I checked Speed Shift and changed the value to test, but now that I don't want to use it anymore, am I suppose to uncheck Speed Shift? What I'm really asking is, does a CPU default have Speed Shift ON? And does TS simply let you control it? If I uncheck it does it turn Speed Shift OFF is it a problem?

Secondly I find that after I check a profile and close TS completely, my undervolt + settings is still happening, is this true? I would have to restart the computer to get back to my defaults then?

Lastly, I was told I should have a C0% of less than 1 which would be best. But mine is constantly jumping between 10-30. Is this okay?


----------



## unclewebb (Dec 6, 2019)

Once Speed Shift is enabled within the CPU, the only way to disable it is to reboot.  You cannot use software to disable Speed Shift while you are in Windows.  When ThrottleStop is open, if it says SST in green on the main screen, Speed Shift is enabled.







In general, ThrottleStop does not reset anything when you exit.  Whatever changes you made to your CPU will remain until Windows or some other software comes along and makes changes.  If nothing else on your computer makes any changes, your ThrottleStop settings will continue to persist until you reboot.  Resuming from sleep or hibernate should also reset your CPU but some times the bios does not always reset the CPU the way it should.

To see what control ThrottleStop has over Speed Shift, open up the FIVR window and look in the monitoring table at the top right.  It shows you the Speed Shift EPP value that the CPU is currently using.  Depending on how Windows 10 and ThrottleStop are setup, either Window or ThrottleStop will be in control of the Speed Shift EPP value.  The value shown in the FIVR window should confirm who is in charge.

If you want to get back to default voltage without rebooting, create a profile in ThrottleStop, check the Unlock Adjustable Voltage box and setup a profile with all of the offset voltage values set to zero.  Now you can change to that profile before exiting ThrottleStop and your voltages will be reset to their default values with zero offset.  Have a look at the FIVR monitoring table to confirm that your offset voltages have been reset.

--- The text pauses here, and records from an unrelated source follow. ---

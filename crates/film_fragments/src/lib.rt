// The C interface: a queue of fragments, in 132 numbers that the caller lends.
#![tactic(auto)]

ghost use Rattle.base_fields.specs.Answer.{given};
ghost use Rattle.table_rows.specs.Row.{rows_of};
ghost use Rattle.use_fragment_queue.specs.Held.{arrive, depart};
ghost use Rattle.film_status.specs.Status.{Returns};
ghost use Rattle.film_fragments.specs.Fragments.{GivesCall, GivesLookup, sum_numbers};

use base_ids::RowNumber;

// A fragment comes with its rows.
pub fn film_fragment_arrive(queue: &mut [u64; 132], rows: &[RowNumber]) -> u32
    ensures { GivesCall (arrive (rows_of rows.now)) queue.old queue.new result }
{
    match use_fragment_queue::fragment_arrive(queue, rows) {
        Ok(()) => 0,
        Err(refusal) => refusal.number(),
    }
}

// The oldest fragment leaves.
pub fn film_fragment_depart(queue: &mut [u64; 132]) -> u32
    ensures { GivesCall depart queue.old queue.new result }
{
    match use_fragment_queue::fragment_depart(queue) {
        Ok(()) => 0,
        Err(refusal) => refusal.number(),
    }
}

// out: the fragment that covers a sample, the oldest being 0, and the sample within it.
pub fn film_fragment_lookup(queue: &[u64; 132], sample: u64, out: &mut [u64; 2]) -> u32
    ensures { GivesLookup queue.now sample out.old out.new result }
{
    match use_fragment_queue::fragment_lookup(queue, sample) {
        Ok(place) => {
            out[0] = place.fragment;
            out[1] = place.sample;
            0
        }
        Err(refusal) => refusal.number(),
    }
}

// out: how many fragments are held, the samples that they cover, and the members among these.
pub fn film_fragment_sums(queue: &[u64; 132], out: &mut [u64; 3]) -> u32
    ensures { Returns (given queue.now) sum_numbers out.old out.new result }
{
    let sums = use_fragment_queue::fragment_sums(queue);
    out[0] = sums.fragments;
    out[1] = sums.covered;
    out[2] = sums.members;
    0
}
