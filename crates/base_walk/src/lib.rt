// Proofs by hand walk a function's code statement by statement. This crate has no code: its proofs/ are what such walks share.
#![tactic(auto)]
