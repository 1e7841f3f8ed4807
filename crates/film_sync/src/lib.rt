// The C interface: sync samples and sample dependencies.
#![tactic(auto)]

ghost use Rattle.table_sync.specs.Sync.{is_sync, last_sync, dependency_at};
ghost use Rattle.film_status.specs.Status.{Returns};
ghost use Rattle.film_sync.specs.Sync.{sync_numbers, sample_numbers, dependency_numbers};

use base_ids::{SampleCount, SampleNumber};
use film_status::{NONE, bit_of};

// out: 1 where the sample, counted from 0, is a sync sample of the stss, else 0.
pub fn film_is_sync_sample(s: &[u8], sample: SampleCount, out: &mut [u64; 1]) -> u32
    ensures { Returns (is_sync s.now sample) sync_numbers out.old out.new result }
{
    match table_sync::is_sync_sample(s, SampleNumber(sample)) {
        Ok(sync) => {
            out[0] = bit_of(sync);
            0
        }
        Err(refusal) => refusal.number(),
    }
}

// out: the last sync sample, counted from 0, at or before a frame.
pub fn film_last_sync_sample(s: &[u8], frame: SampleCount, out: &mut [u64; 1]) -> u32
    ensures { Returns (last_sync s.now frame) sample_numbers out.old out.new result }
{
    match table_sync::last_sync_sample(s, SampleNumber(frame)) {
        Ok(Some(sample)) => {
            out[0] = sample.0 as u64;
            0
        }
        Ok(None) => NONE,
        Err(refusal) => refusal.number(),
    }
}

// out: is leading, depends on, is depended on, has redundancy.
pub fn film_sample_dependency(s: &[u8], sample: SampleCount, out: &mut [u64; 4]) -> u32
    ensures { Returns (dependency_at s.now sample) dependency_numbers out.old out.new result }
{
    match table_sync::sample_dependency(s, SampleNumber(sample)) {
        Ok(Some(d)) => {
            out[0] = d.is_leading as u64;
            out[1] = d.sample_depends_on as u64;
            out[2] = d.sample_is_depended_on as u64;
            out[3] = d.sample_has_redundancy as u64;
            0
        }
        Ok(None) => NONE,
        Err(refusal) => refusal.number(),
    }
}
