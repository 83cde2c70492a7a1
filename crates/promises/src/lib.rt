// No code: the promises are written out in specs/, Promises.antt first, and the theorems that prove them stand in proofs/.
#![tactic(auto)]
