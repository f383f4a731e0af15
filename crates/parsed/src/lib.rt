// What a reader hands back where it reads something: what it read, and the offset of the text after it.

#![tactic(auto)]

#[derive(Clone, Copy, Debug, PartialEq, Eq)]
pub struct Parsed<T> {
    pub value: T,
    pub next: usize,
}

When your computer is supposedly idle, if C0% is jumping around from 10% to 30%, that means you have a pile of crap running in the background.



DrixlRey said:


> Is this okay?


It might be OK on your computer but this is definitely not OK on any computer I own.  I am OCD about crap running on my computer that does not need to be running.  Use the C0% data along with the Task Manager to get to the bottom of this problem if you wish to join the OCD club with me.






From this example, you can see that when you pay attention to what you install on your computer, Windows 10 can be extremely efficient.  Individual threads are not jumping all over the place because they literally have nothing to do.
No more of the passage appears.